# off-topic :about: remote starters....question



## zero7404 (Jan 31, 2008)

recently had an Avital 4113 remote start unit installed into my 04 Maxima. it was a best buy job, haven't found anything wrong everything looks good, but noticed that when i remote start the car, all doors unlock and don't re-lock.

just wondering if it's programmable to keep the doors locked with this unit ?
i'm looking thru the install guide but not sure of which settings perform this as the function description chart doesn't go into details on which funtion does what.

if anyone here is knowledgeable with this remote start system, would greatly appreciate some input....before i go back to best buy and ask them.


----------



## Beeblebrox (Nov 9, 2007)

It sounds like your car has a factory installed security system that won't allow the car to start without disarming it first. Unfortunately for you, the factory alarm won't disarm without unlocking the doors first. However, not totally out of the question to have the doors lock back with some creative wiring. Take it back and have them fix it, should be covered under their installation warranty.


----------



## tinctorus (Oct 5, 2009)

Beeblebrox said:


> It sounds like your car has a factory installed security system that won't allow the car to start without disarming it first. Unfortunately for you, the factory alarm won't disarm without unlocking the doors first. However, not totally out of the question to have the doors lock back with some creative wiring. Take it back and have them fix it, should be covered under their installation warranty.


It wont be covered for free those units are sold as just remote starters and adding locks is an extra charge


----------



## zero7404 (Jan 31, 2008)

tinctorus said:


> It wont be covered for free those units are sold as just remote starters and adding locks is an extra charge


you mean adding the lock functionality after the vehicle is started, right ?

as it is now, i start the car then have to lock the doors using the factory remote.


----------



## tinctorus (Oct 5, 2009)

zero7404 said:


> you mean adding the lock functionality after the vehicle is started, right ?
> 
> as it is now, i start the car then have to lock the doors using the factory remote.


I cant remember off the top of my head about that exact unit since I rarely install that one I usually end up doing the viper pieces but most of the basic remote start pieces will only do unlock and not lock

I cant remember on that particular one however if it would do lock as well

I work on sunday I will see what I can find out for you as far as what that particular unit does and what needs to be done to your car in order to get everything sorted out for you

Also if you could give me the store number that did the alarm I can post up a thread on the company forum asking the installer who did the car if he remembers it
The store number should be on the receipt from when you bought the alarm it should be the first number of the "transaction number" if you can find that it would help me alot


----------



## ds06max (Oct 17, 2008)

The units we use it is all in programing.
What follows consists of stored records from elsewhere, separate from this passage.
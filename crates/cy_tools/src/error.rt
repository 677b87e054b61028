// What a tool answers where it did not do its work.
ghost use Rattle.std.specs.Prelude.{◌≡◌};
ghost use Rattle.cy_tools.specs.Causes.{error_of_load, error_of_write};

use cy_reader::LoadError;
use cy_writer::WriteError;

/// The files of a tool.
#[derive(Clone, Copy, Debug, PartialEq, Eq)]
pub enum File {
    /// The one that it reads.
    Input,
    /// The one that it writes.
    Output,
}

/// Why a tool did not do its work.
#[derive(Clone, Copy, Debug, PartialEq, Eq)]
pub enum ToolError {
    /// The file that is read is refused: this is its first fault, or the limit that it passes. It
    /// is never `LoadError::Store` or `LoadError::Memory`.
    Load(LoadError),
    /// The store failed at this file.
    Store(File),
    /// There is no memory.
    Memory,
}

impl From<LoadError> for ToolError {
    ghost from_gives = { λ error e. e ≡ error_of_load error };

    fn from(error: LoadError) -> Self {
        match error {
            LoadError::Store => ToolError::Store(File::Input),
            LoadError::Memory => ToolError::Memory,
            error => ToolError::Load(error),
        }
    }
}

impl From<WriteError> for ToolError {
    ghost from_gives = { λ error e. e ≡ error_of_write error };

    fn from(error: WriteError) -> Self {
        match error {
            WriteError::Failed | WriteError::Broken => ToolError::Store(File::Output),
            WriteError::Memory => ToolError::Memory,
        }
    }
}
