// The channels of the messages that are kept.
ghost use Rattle.std.specs.Prelude.{◌<◌, length, OnOk, IfOk, IsOkUnless};
ghost use Rattle.cy_tools.specs.private.Keeping.{IsReady};
ghost use Rattle.cy_tools.specs.private.Giving.{CanLook, IsNumbering, LooksAt};

use crate::kept::Kept;
use cy_writer::{ChannelOrder, WriteError};
use std::alloc::Global;

// The channels of messages, in the order of the first ones, and how many messages they are.
#[derive(Drop)]
pub(crate) struct Numbering {
    pub order: ChannelOrder,
    pub count: u32,
}

impl Numbering {
    // Looks at the message at a place: where it is kept, it is counted and its channel noted.
    fn look(&mut self, kept: &Kept<'_>, place: u32) -> Result<(), WriteError>
        requires ready { IsReady kept.now }
        requires there { place < length kept.now.loaded.messages }
        requires fits { CanLook kept.now place self.old }
        ensures looked { OnOk result (LooksAt kept.now place self.old self.new) }
        ensures only_memory { IsOkUnless result WriteError.Memory }
    {
        match kept.at(place) {
            None => Ok(()),
            Some(found) => {
                self.order.note(found.channel)?;
                self.count += 1;
                Ok(())
            }
        }
    }

    // Those of all messages that are kept.
    pub(crate) fn of(alloc: Global, kept: &Kept<'_>) -> Result<Self, WriteError>
        requires { IsReady kept.now }
        ensures numbering { IfOk result (IsNumbering kept.now) }
        ensures only_memory { IsOkUnless result WriteError.Memory }
    {
        let order = ChannelOrder::none(alloc, kept.loaded.channels())?;
        let mut numbering = Numbering { order, count: 0 };
        for place in 0..kept.loaded.messages() {
            numbering.look(kept, place)?;
        }
        Ok(numbering)
    }
}
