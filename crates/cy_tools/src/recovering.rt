// A record of what stands before the first fault of a file.
ghost use Rattle.cy_reader.specs.Said.{StandOnChannels};
ghost use Rattle.cy_salvage.specs.Salvage.{salvage_of};
ghost use Rattle.cy_tools.specs.Answer.{ToolAnswer};
ghost use Rattle.cy_tools.specs.Tools.{recovering};
ghost use Rattle.cy_tools.specs.private.Giving.{DoesWork};

use crate::ToolError;
use crate::kept::Kept;
use crate::writing::write_kept;
use cy_salvage::{Salvaged, salvage_record};
use cy_store::Store;
use cy_writer::WriteError;
use std::alloc::Global;
use std::thread::Threads;

/// What was recovered.
#[derive(Clone, Copy, Debug, PartialEq, Eq)]
pub struct Recovered {
    /// The messages that are written.
    pub messages: u32,
    /// The bytes of the file that are dropped: those from the section with the fault on.
    pub dropped: u64,
}

// Writes the record of what was salvaged.
fn write_salvaged<S: Store>(
    alloc: Global,
    store: &mut S,
    to: &str,
    salvaged: &Salvaged,
) -> Result<Recovered, WriteError>
    requires { StandOnChannels salvaged.now.met.channels salvaged.now.met.messages }
    ensures { DoesWork recovering to.now salvaged.now (S.shows store.old) (S.shows store.new)
        result }
{
    let loaded = salvaged.loaded();
    let kept = Kept { loaded, lets: None };
    let messages = write_kept(alloc, store, to, &kept)?;
    Ok(Recovered {
        messages,
        dropped: salvaged.dropped(),
    })
}

/// Makes a whole record of what stands in a file before its first fault: all messages of the
/// sections before it, in file order, on the channels that have one. The file is refused as
/// [`salvage_record`] refuses it. All reading is done before the other file is made.
///
/// After `ToolError::Load`, and where the store failed at the input, no file is changed. Where it
/// failed at the output, or memory ran out, the writes before that are done.
///
/// [`salvage_record`]: cy_salvage::salvage_record
pub fn recover<S: Store, R: Threads + Sync>(
    rt: &R,
    alloc: Global,
    store: &mut S,
    from: &str,
    to: &str,
) -> Result<Recovered, ToolError>
    ensures { ToolAnswer salvage_of recovering from.now to.now (S.shows store.old)
        (S.shows store.new) result }
{
    let salvaged = salvage_record(rt, alloc, store, from)?;
    let recovered = write_salvaged(alloc, store, to, &salvaged);
    drop(salvaged);
    Ok(recovered?)
}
Compustar.com - Makers of the Finest Remote Starts and Security Systems


----------



## zero7404 (Jan 31, 2008)

i will probably go back to bestbuy and ask the installer if this is do-able, if there's additional labor i would just get it done because i'm uncomfortable with the car starting outdoors and the doors left unlocked.
years ago i had a similar Avital remote start system installed by Tweeter into a 2000 Cavalier and the doors remained locked. but that was a different type of remote start as the remote control had more than 1 button.

just thought i'd bring it up since this is an installer sub-forum, someone might kno if this unit is actually programmable to lock the doors after starting the car.


----------



## kwhitelaw (Sep 4, 2007)

2004 maxima disarms without unlock with a single pulse of the unlock wire.

really not that big a deal. sounds like the installer just didnt know. should take 20 minutes to fix.


----------



## zero7404 (Jan 31, 2008)

spoke with the installer....they will change it so the doors re-lock after startup.
also will change the time interval for me, as the car is set to run for 24 mins., i want it to run 12.

last thing i noticed is that when remote start is running, the trunk won't pop via the remote....not a big deal.

thanks for the input folks....


----------



## 6spdcoupe (Jan 12, 2006)

Sounds like he used OEM disarm when he didnt need to. He can simply pull the wire. Nissans arm/disarm with lock/unlock.


----------



## 6spdcoupe (Jan 12, 2006)

ds06max said:


> The units we use it is all in programing. Compustar.com - Makers of the Finest Remote Starts and Security Systems


So ....if you do not connect door lock wires, you can 'program it' to do so ? Really ? :laugh::laugh::laugh:


----------



## dragons_ghost (Feb 15, 2008)

6spdcoupe said:


> So ....if you do not connect door lock wires, you can 'program it' to do so ? Really ? :laugh::laugh::laugh:



actually on the can-bus systems i don't need to connect doorlocks, tach, brake wire input, trunk release, door status, trunk status, shall i go on????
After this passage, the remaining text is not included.